Why the Minister sought to have children enter kinder at 3.5 years of age is a mystery as other options exist.

Until Tasmania moves to the national average starting age of 4.5, any comparison of our NAPLAN results with other states will continue to be tainted and if we are genuine in wanting to improve retention levels at year 12 our students must not continue to be six months older than those elsewhere. They finish year 12 at an age of up to 18 years 11 months compared to 18 years 5 months elsewhere.

Does anyone think a student will want to be studying year 12 in a classroom at Oatlands a month away from turning 19?

The Government must stick to its task as there has never been any criticism levelled by anyone of the Minister’s goal. It was always the lowering of the entry age for kindergart­en students that was untenable.

The solution would be to stagger the enrolment of 3.5 year old children into kindergart­en from the time they turn four. Other states, NSW for instance, have progressiv­e enrolments as birthdays are reached.

The range of ages now entering kinder is a full 12 months and children born in January need to wait a full year before enrolling. The model I propose would see the normal enrolment requiremen­t retained (four at January 1) with progressiv­e further enrolments as a child reaches their fourth birthday up until June 30. Enrolments would then cease for the year. This latter group would benefit from six to 12 months of schooling that they do not currently receive. This cohort would lead to only a one-year bulge for entry into prep with the minimum age being 4.5. This is as it would have been under the Minister’s model.

The following year’s kinder enrolment group will contain only a half of what we would normally have now (as the rest are going into prep) and will have their entire intake year completed by June 30 as children turn four and become eligible for enrolment. The effect on the play-based early education sector would be reduced by 25 per cent from what was proposed by the Minister and whatever reduction in employment predicted would be more than made up from the increase in employment within schools.

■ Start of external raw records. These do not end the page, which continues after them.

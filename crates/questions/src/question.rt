ghost use Rattle.std.specs.Prelude.{◌≡◌, ◌≤◌, ◌<◌, ◌^◌, ◌++◌, IfOk, OnOk, All, length};
ghost use Rattle.map_model.specs.MapView.{layer_map_of};
ghost use Rattle.geo_core.specs.declared.bounds.TheConstants.{GREATEST_SIDE};
ghost use Rattle.map_model.specs.declared.limits.TheConstants.{GREATEST_WEIGHT};
ghost use Rattle.questions.specs.Questions.{IsAskable, IsRowFor, cut_layers, metal_layers, of_kind, of_sizes, questions, side_of};
ghost use Rattle.questions.specs.declared.kind.Kind.TheVariants.{Via};
ghost use Rattle.questions.specs.declared.row.TheConstants.{MOST_ROWS};

use super::kind::Kind;
use super::row::Row;
use lists::NoMemory;
use map_model::{LayerName, Map, Measure};
use std::alloc::Global;

/// For how many cells one kind of fault happens, on one metal or at one cut, by defects of one size.
#[derive(Clone, Copy)]
pub struct Question {
    /// The kind of fault.
    pub kind: Kind,
    /// The number of the metal or cut.
    pub number: u32,
    /// Its name.
    pub layer: LayerName,
    /// Whether the size is a radius or a side.
    pub measure: Measure,
    /// The size of the defects.
    pub size: u32,
    /// By what the area counts in the totals.
    pub weight: u64,
}

impl Question {
    /// The side of the defects, in database units.
    pub fn side(&self) -> u32
        requires small { side_of self.now ≤ GREATEST_SIDE }
        ensures { result ≡ side_of self.now }
    {
        self.measure.side(self.size)
    }

    /// The row that answers the question by this area.
    pub fn row(&self, area: u64) -> Row
        requires small_area { area < 2 ^ 63 }
        requires small_weight { self.now.weight ≤ GREATEST_WEIGHT }
        ensures is_for { IsRowFor self.now result }
        ensures area { result.area ≡ area }
    {
        Row {
            kind: self.kind,
            layer: self.layer,
            measure: self.measure,
            size: self.size,
            area,
            weight: self.weight,
        }
    }
}

/// The questions of a map in the order of its report: shorts of each metal, opens of each metal and blocks of each cut,
/// and there one for each size. The only error is that no memory is left.
pub fn questions_of(alloc: Global, map: &Map) -> Result<Vec<Question>, NoMemory>
    ensures questions { IfOk result (λ asked. asked.items ≡ questions (layer_map_of map.now)) }
    ensures askable { IfOk result (λ asked. All (IsAskable (length map.now.metals) (length map.now.cuts)) asked.items) }
    ensures few { IfOk result (λ asked. length asked.items ≤ MOST_ROWS) }
{
    let mut asked = Vec::new(alloc);
    ask_of_metals(map, Kind::Short, &mut asked)?;
    ask_of_metals(map, Kind::Open, &mut asked)?;
    ask_of_cuts(map, &mut asked)?;
    Ok(asked)
}

/// Adds the questions of this kind of each metal.
fn ask_of_metals(map: &Map, kind: Kind, asked: &mut Vec<Question>) -> Result<(), NoMemory>
    ensures { let layer_map = layer_map_of map.now in
        OnOk result (asked.new.items ≡ asked.old.items ++ of_kind kind (metal_layers layer_map) layer_map.measure layer_map.sizes) }
{
    for (number, metal) in map.metals.as_slice().iter().enumerate() {
        ask(map, kind, number as u32, metal.name, asked)?;
    }
    Ok(())
}

/// Adds the questions of each cut. The numbers of cuts go on behind those of the metals.
fn ask_of_cuts(map: &Map, asked: &mut Vec<Question>) -> Result<(), NoMemory>
    ensures { let layer_map = layer_map_of map.now in
        OnOk result (asked.new.items ≡ asked.old.items ++ of_kind Via (cut_layers layer_map) layer_map.measure layer_map.sizes) }
{
    let metals = map.metals.as_slice().len();
    for (number, cut) in map.cuts.as_slice().iter().enumerate() {
        ask(map, Kind::Via, (metals + number) as u32, cut.name, asked)?;
    }
    Ok(())
}

/// Adds the questions of this kind on one metal or cut, one for each size.
fn ask(
    map: &Map,
    kind: Kind,
    number: u32,
    layer: LayerName,
    asked: &mut Vec<Question>,
) -> Result<(), NoMemory>
    ensures { let layer_map = layer_map_of map.now in
        OnOk result (asked.new.items ≡ asked.old.items ++ of_sizes kind number layer layer_map.measure layer_map.sizes) }
{
    for (k, size) in map.sizes.as_slice().iter().enumerate() {
        asked.push(Question {
            kind,
            number,
            layer,
            measure: map.measure,
            size: *size,
            weight: map.weights.as_slice()[k],
        })?;
    }
    Ok(())
}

The Minister and Tasmania would accomplish what we must have, national comparativ­e ages through 12 years of schooling and those students born after January 1, who currently just miss out on enrolment in kinder, having not turned four, will receive up to an additional six months of earlier kinder enrolment. None will commence kinder before they reach four.

If we miss this chance, we will never see our children taught at national equivalent ages as they move across states. It must be done and the $10.5 million funding per year needed for it to occur needs to be retained or replaced and used for the purpose it was intended.

With the euphoria surroundin­g the Minister’s reversal of his position, it is worth contemplat­ing what the feeling would have been had there never been a proposal to lower the starting age and instead an announceme­nt that an additional $10.5 million per year would be provided to support play-based early learning centres. There would have been an outcry. The compulsory sectors are in desperate need of more funds as they want the Government to address the special needs crisis, the underfundi­ng of high schools, the loss of the pathway planners, the trimming of specialist music in primary schools and the burgeoning workloads of teachers. I know what the feelings of those working in the public system would be as the $10.5 million per year would employ 120 teachers permanentl­y or build the premier’s mooted inner city school using only two years of the funding.

Being six months out from an election and within days of finding out that a poll of 1000 Tasmanian adults showing 76 per cent oppose lowering the voluntary school starting age to 3.5 are not good enough reasons for the Minister to abandon his goal.

Terry Polglase is a former Australian Education Union state president and past principal of Bowen Road Primary and Tasman District Schools.